# [Problem description]
The answer must be a single number: the count of lines in the records below that contain the word "PlaceIs".

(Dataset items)
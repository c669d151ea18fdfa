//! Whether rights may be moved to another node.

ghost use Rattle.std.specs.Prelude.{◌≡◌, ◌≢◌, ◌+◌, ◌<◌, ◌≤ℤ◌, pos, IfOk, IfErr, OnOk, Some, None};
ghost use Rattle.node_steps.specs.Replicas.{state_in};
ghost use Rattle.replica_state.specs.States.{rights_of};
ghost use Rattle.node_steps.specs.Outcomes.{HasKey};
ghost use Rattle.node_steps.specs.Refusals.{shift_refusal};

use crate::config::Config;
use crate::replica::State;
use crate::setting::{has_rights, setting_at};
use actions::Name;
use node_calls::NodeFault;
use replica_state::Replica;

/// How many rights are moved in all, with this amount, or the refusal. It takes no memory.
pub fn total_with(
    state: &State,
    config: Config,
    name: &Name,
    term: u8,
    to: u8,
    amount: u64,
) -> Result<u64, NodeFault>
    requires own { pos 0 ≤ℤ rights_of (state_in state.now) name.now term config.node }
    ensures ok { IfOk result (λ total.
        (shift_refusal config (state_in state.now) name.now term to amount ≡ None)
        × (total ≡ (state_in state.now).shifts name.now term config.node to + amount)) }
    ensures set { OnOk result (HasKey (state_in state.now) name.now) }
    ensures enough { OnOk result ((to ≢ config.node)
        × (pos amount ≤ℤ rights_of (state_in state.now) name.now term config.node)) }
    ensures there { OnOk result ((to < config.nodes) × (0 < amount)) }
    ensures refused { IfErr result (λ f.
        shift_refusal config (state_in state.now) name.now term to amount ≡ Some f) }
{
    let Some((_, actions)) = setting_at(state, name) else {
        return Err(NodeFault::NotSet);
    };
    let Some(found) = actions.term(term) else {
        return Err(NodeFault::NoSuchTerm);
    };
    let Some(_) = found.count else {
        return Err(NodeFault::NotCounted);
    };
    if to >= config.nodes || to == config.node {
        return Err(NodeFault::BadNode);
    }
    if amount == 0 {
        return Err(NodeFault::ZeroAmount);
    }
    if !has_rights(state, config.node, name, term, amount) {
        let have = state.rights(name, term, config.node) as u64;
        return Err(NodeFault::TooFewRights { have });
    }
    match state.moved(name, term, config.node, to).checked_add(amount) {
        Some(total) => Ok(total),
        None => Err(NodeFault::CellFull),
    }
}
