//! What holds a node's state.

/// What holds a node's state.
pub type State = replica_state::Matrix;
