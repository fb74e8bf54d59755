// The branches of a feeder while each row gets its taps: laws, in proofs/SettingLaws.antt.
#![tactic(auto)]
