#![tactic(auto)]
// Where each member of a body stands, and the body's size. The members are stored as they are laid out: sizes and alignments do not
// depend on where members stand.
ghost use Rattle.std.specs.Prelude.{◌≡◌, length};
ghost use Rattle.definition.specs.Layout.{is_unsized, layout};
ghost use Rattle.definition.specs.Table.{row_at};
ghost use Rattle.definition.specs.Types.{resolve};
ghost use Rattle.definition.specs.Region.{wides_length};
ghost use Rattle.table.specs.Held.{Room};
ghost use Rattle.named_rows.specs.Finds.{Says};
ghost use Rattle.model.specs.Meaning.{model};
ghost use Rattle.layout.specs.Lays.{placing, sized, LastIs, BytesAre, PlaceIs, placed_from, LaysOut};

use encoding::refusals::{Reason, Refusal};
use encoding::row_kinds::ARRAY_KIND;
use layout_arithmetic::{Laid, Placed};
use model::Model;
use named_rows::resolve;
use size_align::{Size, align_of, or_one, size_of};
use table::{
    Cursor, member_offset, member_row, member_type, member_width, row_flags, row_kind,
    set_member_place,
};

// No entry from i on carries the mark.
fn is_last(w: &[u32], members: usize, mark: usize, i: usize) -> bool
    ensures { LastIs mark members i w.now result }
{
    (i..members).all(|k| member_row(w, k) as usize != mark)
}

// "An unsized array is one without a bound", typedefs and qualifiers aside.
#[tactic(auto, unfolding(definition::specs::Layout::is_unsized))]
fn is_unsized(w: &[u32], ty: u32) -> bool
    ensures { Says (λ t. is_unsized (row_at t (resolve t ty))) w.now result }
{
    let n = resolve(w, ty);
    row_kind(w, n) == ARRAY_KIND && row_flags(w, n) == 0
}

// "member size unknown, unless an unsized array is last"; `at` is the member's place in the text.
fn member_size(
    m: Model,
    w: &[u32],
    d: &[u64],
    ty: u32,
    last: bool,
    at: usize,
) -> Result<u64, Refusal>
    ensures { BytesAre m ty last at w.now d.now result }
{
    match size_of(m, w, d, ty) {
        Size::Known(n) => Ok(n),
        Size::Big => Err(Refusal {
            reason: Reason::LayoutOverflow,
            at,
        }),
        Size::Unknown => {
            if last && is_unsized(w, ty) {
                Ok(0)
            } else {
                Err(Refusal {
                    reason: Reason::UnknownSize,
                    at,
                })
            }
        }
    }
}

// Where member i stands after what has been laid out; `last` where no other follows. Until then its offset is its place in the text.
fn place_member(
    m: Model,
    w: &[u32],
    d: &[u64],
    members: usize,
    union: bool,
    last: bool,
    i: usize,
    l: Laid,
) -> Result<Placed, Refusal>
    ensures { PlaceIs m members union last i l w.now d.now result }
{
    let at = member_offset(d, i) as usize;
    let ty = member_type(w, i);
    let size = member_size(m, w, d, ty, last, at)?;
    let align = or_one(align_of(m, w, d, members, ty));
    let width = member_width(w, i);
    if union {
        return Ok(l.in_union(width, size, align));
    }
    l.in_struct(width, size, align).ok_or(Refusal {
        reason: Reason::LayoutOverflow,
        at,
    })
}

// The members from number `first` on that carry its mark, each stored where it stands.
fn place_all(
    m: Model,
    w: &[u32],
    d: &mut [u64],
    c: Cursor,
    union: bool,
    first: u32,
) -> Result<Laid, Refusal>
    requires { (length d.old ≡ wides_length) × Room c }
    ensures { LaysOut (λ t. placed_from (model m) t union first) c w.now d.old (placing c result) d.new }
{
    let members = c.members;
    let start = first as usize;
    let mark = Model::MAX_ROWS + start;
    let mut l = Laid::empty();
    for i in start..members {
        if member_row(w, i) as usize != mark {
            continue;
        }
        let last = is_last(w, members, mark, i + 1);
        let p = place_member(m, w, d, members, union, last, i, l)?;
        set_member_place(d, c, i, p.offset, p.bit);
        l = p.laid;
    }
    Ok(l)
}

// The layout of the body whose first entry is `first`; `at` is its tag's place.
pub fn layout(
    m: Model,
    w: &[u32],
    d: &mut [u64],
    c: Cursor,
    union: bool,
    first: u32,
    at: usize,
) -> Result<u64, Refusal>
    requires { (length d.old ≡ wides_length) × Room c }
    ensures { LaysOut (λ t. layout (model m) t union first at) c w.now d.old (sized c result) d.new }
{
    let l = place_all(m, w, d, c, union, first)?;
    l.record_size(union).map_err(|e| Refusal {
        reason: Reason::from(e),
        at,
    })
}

# [Solution to this problem]
2